Saved entries
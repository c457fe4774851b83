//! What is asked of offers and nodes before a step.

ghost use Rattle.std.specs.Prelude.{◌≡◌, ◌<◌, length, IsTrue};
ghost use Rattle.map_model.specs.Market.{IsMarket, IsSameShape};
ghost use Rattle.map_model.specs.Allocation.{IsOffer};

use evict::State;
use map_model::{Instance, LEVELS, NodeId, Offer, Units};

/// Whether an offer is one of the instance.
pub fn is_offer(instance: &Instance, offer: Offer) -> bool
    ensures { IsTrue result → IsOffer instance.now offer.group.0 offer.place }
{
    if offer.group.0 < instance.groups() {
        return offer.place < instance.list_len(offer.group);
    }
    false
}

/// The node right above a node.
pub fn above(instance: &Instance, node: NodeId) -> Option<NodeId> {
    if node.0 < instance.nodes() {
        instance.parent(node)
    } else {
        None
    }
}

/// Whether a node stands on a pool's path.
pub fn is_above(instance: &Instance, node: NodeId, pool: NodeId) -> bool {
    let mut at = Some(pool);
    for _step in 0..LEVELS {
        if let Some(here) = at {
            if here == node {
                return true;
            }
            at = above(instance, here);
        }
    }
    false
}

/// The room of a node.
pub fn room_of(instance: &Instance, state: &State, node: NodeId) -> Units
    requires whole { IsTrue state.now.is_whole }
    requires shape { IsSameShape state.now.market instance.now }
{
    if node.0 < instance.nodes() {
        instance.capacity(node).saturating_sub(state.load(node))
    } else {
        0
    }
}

* * *

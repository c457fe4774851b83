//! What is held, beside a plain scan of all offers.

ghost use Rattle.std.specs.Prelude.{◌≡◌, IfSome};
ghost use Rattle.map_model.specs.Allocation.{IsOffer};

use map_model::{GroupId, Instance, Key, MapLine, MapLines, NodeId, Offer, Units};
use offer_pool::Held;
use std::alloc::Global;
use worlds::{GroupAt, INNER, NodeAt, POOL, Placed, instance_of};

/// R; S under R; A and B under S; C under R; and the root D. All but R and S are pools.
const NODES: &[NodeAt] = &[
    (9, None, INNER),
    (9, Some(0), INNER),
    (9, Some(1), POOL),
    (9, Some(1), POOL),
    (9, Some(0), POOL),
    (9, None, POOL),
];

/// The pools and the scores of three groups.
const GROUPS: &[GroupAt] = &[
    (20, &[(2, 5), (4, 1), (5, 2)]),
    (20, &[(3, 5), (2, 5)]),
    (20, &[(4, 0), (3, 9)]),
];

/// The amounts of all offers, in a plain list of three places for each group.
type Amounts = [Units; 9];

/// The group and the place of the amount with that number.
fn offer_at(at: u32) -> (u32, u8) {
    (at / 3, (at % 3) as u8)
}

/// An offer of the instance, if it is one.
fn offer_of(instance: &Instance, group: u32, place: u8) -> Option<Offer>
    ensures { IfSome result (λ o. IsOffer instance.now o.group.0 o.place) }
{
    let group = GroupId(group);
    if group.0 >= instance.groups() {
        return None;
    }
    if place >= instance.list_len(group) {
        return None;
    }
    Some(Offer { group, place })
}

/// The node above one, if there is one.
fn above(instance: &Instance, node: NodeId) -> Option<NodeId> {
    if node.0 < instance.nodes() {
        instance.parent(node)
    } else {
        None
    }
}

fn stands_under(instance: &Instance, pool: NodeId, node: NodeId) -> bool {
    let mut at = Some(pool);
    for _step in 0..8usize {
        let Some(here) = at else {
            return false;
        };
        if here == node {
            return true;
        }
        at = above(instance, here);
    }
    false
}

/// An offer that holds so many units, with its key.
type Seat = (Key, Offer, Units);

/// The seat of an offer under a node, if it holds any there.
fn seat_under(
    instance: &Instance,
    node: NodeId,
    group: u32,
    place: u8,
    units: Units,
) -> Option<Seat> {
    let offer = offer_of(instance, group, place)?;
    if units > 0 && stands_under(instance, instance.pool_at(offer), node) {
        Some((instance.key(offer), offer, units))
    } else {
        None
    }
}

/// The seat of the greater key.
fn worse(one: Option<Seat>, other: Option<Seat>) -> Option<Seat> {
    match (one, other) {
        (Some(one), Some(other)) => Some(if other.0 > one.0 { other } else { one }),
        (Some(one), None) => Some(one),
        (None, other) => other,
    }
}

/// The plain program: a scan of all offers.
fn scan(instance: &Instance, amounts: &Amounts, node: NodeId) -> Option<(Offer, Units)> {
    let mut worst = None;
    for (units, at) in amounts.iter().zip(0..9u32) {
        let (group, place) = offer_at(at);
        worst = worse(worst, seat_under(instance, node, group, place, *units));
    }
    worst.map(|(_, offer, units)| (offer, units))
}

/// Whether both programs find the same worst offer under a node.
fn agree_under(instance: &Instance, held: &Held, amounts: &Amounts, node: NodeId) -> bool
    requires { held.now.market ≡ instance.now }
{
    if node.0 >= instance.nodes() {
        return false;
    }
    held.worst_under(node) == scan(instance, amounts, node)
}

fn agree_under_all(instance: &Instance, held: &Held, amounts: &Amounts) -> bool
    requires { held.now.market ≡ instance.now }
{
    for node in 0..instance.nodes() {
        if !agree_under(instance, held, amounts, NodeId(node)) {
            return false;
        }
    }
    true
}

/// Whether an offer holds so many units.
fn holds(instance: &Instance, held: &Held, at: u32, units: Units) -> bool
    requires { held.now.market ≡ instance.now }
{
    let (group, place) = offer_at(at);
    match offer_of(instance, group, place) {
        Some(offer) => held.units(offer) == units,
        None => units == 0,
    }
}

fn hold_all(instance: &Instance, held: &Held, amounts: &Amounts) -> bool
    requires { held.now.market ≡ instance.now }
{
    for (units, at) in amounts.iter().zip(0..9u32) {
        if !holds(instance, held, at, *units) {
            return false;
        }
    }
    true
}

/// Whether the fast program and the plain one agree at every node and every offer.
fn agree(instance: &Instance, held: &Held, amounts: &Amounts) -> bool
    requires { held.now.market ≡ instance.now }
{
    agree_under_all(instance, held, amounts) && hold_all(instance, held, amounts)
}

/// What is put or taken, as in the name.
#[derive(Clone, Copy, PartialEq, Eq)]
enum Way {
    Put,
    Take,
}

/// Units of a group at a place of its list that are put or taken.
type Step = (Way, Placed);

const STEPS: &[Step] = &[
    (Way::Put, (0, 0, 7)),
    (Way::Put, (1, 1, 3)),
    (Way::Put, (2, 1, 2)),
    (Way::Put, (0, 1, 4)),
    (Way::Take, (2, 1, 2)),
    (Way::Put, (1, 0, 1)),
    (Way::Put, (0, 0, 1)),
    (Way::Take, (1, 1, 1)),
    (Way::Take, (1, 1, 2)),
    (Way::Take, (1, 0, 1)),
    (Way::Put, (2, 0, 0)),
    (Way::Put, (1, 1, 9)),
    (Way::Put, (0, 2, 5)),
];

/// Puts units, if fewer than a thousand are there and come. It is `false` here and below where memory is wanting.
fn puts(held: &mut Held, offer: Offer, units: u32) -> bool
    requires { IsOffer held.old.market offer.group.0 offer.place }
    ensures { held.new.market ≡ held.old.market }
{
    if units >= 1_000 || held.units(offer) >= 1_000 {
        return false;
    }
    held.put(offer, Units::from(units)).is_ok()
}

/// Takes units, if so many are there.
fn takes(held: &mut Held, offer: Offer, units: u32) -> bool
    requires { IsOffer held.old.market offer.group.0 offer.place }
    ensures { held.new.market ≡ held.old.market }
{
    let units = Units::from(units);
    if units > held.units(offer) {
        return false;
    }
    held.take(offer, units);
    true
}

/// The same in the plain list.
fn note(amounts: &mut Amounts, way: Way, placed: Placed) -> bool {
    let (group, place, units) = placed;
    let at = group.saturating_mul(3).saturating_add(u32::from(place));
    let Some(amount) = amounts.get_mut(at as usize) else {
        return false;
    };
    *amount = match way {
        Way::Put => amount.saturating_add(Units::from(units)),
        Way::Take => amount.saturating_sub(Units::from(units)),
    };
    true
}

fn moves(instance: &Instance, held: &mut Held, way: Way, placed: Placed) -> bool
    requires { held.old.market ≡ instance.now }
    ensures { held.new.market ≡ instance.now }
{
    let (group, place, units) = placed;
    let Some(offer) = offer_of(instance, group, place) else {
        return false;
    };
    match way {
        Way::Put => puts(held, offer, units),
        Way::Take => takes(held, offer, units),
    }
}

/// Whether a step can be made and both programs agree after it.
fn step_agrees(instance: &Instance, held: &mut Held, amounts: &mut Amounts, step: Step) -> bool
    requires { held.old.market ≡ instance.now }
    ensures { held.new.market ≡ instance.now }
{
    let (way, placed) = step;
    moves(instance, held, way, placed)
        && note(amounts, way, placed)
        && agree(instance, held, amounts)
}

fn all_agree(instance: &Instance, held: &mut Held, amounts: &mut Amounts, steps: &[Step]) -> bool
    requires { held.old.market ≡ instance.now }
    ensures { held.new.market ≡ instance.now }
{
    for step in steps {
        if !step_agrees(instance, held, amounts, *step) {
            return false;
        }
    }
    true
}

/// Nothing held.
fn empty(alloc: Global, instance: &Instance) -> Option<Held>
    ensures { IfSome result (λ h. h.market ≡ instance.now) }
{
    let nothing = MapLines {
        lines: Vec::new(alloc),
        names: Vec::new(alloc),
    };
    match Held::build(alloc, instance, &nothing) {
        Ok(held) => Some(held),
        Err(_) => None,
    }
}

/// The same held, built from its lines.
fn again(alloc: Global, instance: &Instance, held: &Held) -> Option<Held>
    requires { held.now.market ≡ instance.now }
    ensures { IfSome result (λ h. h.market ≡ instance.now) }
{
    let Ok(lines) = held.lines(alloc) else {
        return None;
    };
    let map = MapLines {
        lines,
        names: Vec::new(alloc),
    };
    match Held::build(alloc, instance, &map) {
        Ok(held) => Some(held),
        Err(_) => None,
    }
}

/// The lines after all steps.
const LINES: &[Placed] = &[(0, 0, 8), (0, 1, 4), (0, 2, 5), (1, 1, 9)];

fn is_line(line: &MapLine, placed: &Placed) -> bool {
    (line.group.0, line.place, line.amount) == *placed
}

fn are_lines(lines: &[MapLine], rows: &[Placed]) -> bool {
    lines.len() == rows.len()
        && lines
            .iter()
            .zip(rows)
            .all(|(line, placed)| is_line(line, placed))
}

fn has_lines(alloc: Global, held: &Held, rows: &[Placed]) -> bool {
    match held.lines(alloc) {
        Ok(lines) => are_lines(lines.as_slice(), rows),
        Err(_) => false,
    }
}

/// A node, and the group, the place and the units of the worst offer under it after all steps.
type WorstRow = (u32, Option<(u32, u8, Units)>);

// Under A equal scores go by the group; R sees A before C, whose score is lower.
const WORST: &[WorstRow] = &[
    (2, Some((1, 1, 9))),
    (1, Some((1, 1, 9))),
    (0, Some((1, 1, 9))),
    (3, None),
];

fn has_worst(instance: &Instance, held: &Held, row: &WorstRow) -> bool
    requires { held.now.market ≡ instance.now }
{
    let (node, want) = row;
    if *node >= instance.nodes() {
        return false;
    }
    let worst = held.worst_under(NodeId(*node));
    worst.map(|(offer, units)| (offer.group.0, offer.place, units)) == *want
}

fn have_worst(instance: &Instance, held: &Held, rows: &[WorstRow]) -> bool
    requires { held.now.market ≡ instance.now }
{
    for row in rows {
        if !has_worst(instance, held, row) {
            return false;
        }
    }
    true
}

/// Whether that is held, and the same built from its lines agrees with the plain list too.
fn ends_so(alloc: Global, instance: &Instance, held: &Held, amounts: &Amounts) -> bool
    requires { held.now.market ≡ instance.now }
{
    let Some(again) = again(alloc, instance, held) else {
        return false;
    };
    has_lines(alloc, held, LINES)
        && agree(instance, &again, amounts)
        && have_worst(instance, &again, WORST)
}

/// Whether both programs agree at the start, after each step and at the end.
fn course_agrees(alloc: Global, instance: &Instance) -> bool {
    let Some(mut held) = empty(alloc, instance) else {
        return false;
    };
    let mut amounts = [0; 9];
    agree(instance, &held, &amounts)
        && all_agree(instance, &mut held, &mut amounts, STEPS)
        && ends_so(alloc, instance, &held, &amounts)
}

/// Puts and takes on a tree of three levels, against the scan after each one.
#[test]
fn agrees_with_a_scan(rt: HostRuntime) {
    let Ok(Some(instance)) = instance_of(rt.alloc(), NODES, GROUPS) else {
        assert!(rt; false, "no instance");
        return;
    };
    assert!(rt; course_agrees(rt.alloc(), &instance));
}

- **What is required**
If a line of the entries contains "GroupId", it counts; say how many such lines there are and give only the number.

- **Reply**
2